Teams working with pre-clinical or pilot-scale projects can move forward briskly knowing that oversight bodies are already familiar with the compound’s profile. With fewer white spaces in its regulatory dossier, teams avoid losing months clarifying handling procedures or updating hazard labels, which translates directly into faster progress for urgently needed projects.
Synthetic targets evolve as quickly as research challenges shift. Lately, researchers have explored combining 3-bromotetrahydro-4H-pyran-4-one with greener technologies—such as flow chemistry and electrochemical synthesis—yielding cleaner transformations and improved atom efficiency. These forward-leaning projects hope to set benchmarks that older intermediates just can’t quite touch.
Beyond pharmaceuticals, specialty chemical producers have adapted processes based on tetrahydropyran scaffolds to create next-gen flavors or fragrance components. The adaptability of the brominated intermediate, plus its chemical stability, unlocks value even in fields far from traditional synthesis labs.
Science keeps pushing for more sustainable, efficient, and precise syntheses. Molecules like 3-bromotetrahydro-4H-pyran-4-one show that the right blend of reliability, versatility, and pragmatic functionality pays dividends beyond what’s written in a catalog entry. Chemical development depends on a foundation of trusted starting points that let researchers build upward—cutting away wasted effort and finding that elusive eureka.
Chemists and industry leaders betting on robust, multipurpose intermediates lay the groundwork not just for profit, but for progress itself. From better medicines to innovative materials, small choices in building blocks ripple out into breakthroughs that matter for public health and wellbeing.
Even established compounds warrant fresh thinking.

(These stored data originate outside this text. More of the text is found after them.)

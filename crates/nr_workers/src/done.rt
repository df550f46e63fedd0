//! What workers come to that have done all.

ghost use Rattle.std.specs.Prelude.{◌≡◌, IfOk, vec_len};
ghost use Rattle.nr_overlap.specs.Outcome.{last_worlds, reports_by_shard, lists_left};
ghost use Rattle.nr_workers.specs.Outcome.{HasDoneAll, HaveDoneAll};
ghost use Rattle.nr_workers.specs.Stages.{IsWorker};
ghost use Rattle.nr_workers.specs.Each.{Each};
ghost use Rattle.nr_workers.specs.Shards.{AreWorkers};
ghost use Rattle.nr_workers.specs.Shares.{IsShareOf, HaveLeft};

use crate::gather::gather;
use crate::left::Left;
use crate::worker::{Stage, Worker};
use nr_bytes::List;
use nr_exchange::{Exchange, Port, Serial};
use nr_ids::{Height, ShardId};
use nr_overlap::Phases;
use std::alloc::{AllocError, Global};

/// What a run by workers came to.
#[derive(Drop)]
pub struct Finished<P: Phases> {
    /// For each shard, in order of number, the reports of its chunks, in order of height.
    pub reports: List<List<P::Report>>,
    /// The last world of each shard, in order of number.
    pub worlds: List<P::World>,
    /// Each list that no chunk takes, with its source, its height and its destination, in order of these three.
    pub left: List<(ShardId, Height, ShardId, P::Parcel)>,
    /// The port of each shard, in order of number. Each has published every height, and has claimed every list to its
    /// shard.
    pub ports: Vec<Port<Serial<P>>>,
}

/// What one worker came to.
#[derive(Drop)]
struct Share<P: Phases> {
    port: Port<Serial<P>>,
    world: P::World,
    reports: List<P::Report>,
    left: Left<P::Parcel>,
}

/// What a worker came to, if it has published every height and taken every list.
fn finish<P: Phases>(
    phases: &P,
    exchange: &Exchange<Serial<P>>,
    worker: Worker<P>,
) -> Result<Share<P>, AllocError>
    requires run { phases.now ≡ exchange.now.run.0 }
    requires sound { IsWorker P.rules exchange.now worker }
    ensures { IfOk result (λ share. IsShareOf P.rules exchange.now worker.shard.0 share) }
{
    let _exchange = exchange;
    let Worker {
        inbox,
        shard: _,
        height: _,
        stage,
        reports,
    } = worker;
    match stage {
        Stage::Ended(world, left) if inbox.done >= phases.heights() => Ok(Share {
            port: inbox.port,
            world,
            reports: List::of(reports),
            left,
        }),
        _ => Err(AllocError),
    }
}

/// Puts together what all workers came to.
fn put_together<P: Phases>(
    alloc: Global,
    phases: &P,
    exchange: &Exchange<Serial<P>>,
    reports: Vec<List<P::Report>>,
    worlds: Vec<P::World>,
    mut lefts: Vec<Left<P::Parcel>>,
    ports: Vec<Port<Serial<P>>>,
) -> Result<Finished<P>, AllocError>
    requires run { phases.now ≡ exchange.now.run.0 }
    requires worlds { worlds.items ≡ last_worlds (P.rules exchange.now.run.0) }
    requires reports { reports.items ≡ reports_by_shard (P.rules exchange.now.run.0) }
    requires lefts { HaveLeft (P.rules exchange.now.run.0) lefts.items }
    requires as_many { vec_len lefts ≡ (P.rules exchange.now.run.0).shards }
    requires ports { Each (HasDoneAll P.rules exchange.now) ports.items }
    requires all { vec_len ports ≡ (P.rules exchange.now.run.0).shards }
    ensures worlds { IfOk result (λ done. done.worlds ≡ last_worlds (P.rules phases.now)) }
    ensures reports { IfOk result (λ done. done.reports ≡ reports_by_shard (P.rules phases.now)) }
    ensures left { IfOk result (λ done. done.left ≡ lists_left (P.rules phases.now)) }
    ensures ports { IfOk result (λ done. HaveDoneAll P.rules exchange.now done.ports.items) }
{
    let _exchange = exchange;
    let left = gather(alloc, phases, &mut lefts)?;
    Ok(Finished {
        reports: List::of(reports),
        worlds: List::of(worlds),
        left: List::of(left),
        ports,
    })
}

/// What all workers came to.
pub(crate) fn finish_all<P: Phases>(
    alloc: Global,
    phases: &P,
    exchange: &Exchange<Serial<P>>,
    workers: Vec<Box<Worker<P>>>,
) -> Result<Finished<P>, AllocError>
    requires run { phases.now ≡ exchange.now.run.0 }
    requires sound { AreWorkers P.rules exchange.now workers.items }
    requires all { vec_len workers ≡ (P.rules exchange.now.run.0).shards }
    ensures worlds { IfOk result (λ done. done.worlds ≡ last_worlds (P.rules phases.now)) }
    ensures reports { IfOk result (λ done. done.reports ≡ reports_by_shard (P.rules phases.now)) }
    ensures left { IfOk result (λ done. done.left ≡ lists_left (P.rules phases.now)) }
    ensures ports { IfOk result (λ done. HaveDoneAll P.rules exchange.now done.ports.items) }
{
    let mut reports = Vec::new(alloc);
    let mut worlds = Vec::new(alloc);
    let mut lefts = Vec::new(alloc);
    let mut ports = Vec::new(alloc);
    let mut rest = workers.into_iter();
    while let Some(worker) = rest.next() {
        let share = finish(phases, exchange, Box::into_inner(worker))?;
        reports.push(share.reports)?;
        worlds.push(share.world)?;
        lefts.push(share.left)?;
        ports.push(share.port)?;
    }
    put_together(alloc, phases, exchange, reports, worlds, lefts, ports)
}
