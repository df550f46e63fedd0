//! What a worker passes on its way.

use nr_ids::{Height, ShardId};

/// Where a worker stands in a chunk when it passes its gate.
#[derive(Clone, Copy, Debug, PartialEq, Eq)]
pub enum Moment {
    /// The chunk is to be opened.
    BeforeOpen,
    /// The chunk is sealed, and its lists aren't published yet.
    AfterSeal,
    /// The lists of the chunk are published.
    AfterPublish,
}

/// What each worker passes at three moments of each of its chunks, in its own thread, or in the caller's where none
/// could be started. A gate may take its time, and so hold a shard back. It changes nothing of what the run gives.
pub trait Gate {
    /// Lets a shard pass. The height is that of the chunk.
    fn pass(&self, shard: ShardId, height: Height, moment: Moment);
}

/// The gate that holds nobody back.
#[derive(Clone, Copy, Debug)]
pub struct OpenGate;

impl Gate for OpenGate {
    fn pass(&self, _shard: ShardId, _height: Height, _moment: Moment) {}
}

As environmental and economic pressures tighten, teams might look at hybrid extraction and purification strategies to cut down waste. Process intensification—aiming to unite multiple transformations in single-pot protocols—could further optimize both material and energy use.
Market-wide collaboration, from suppliers down to bench chemists, brings shared benefit. Trade associations and academic partnerships foster the open exchange of best practices, case studies, and technical support, helping both established and up-and-coming groups to handle novel challenges. I’ve seen, in one consortium, how information sharing on solvent usage, waste minimization, and alternative purification strategies sparked a round of upgrades and optimizations—raising standards across the board.
Many in the field highlight high-throughput experimentation and computer-aided route design. Yet, even the best laid plans fail without dependable intermediates. 3-Bromotetrahydro-4H-pyran-4-one justifies its favored status not with buzzwords, but through hands-on results that have helped bridge the gap between visionary design and successful scale-up. The difference lies in its proven ability to keep experiments moving, minimize roadblocks, and support broader industry advances.
As chemical researchers and product developers face increasing pressure to do more with less, the value of robust, time-tested intermediates like this one grows. With every recurring success, each positive anecdote, and every streamlined project, the chemical community builds up confidence in a future shaped by both innovation and reliability.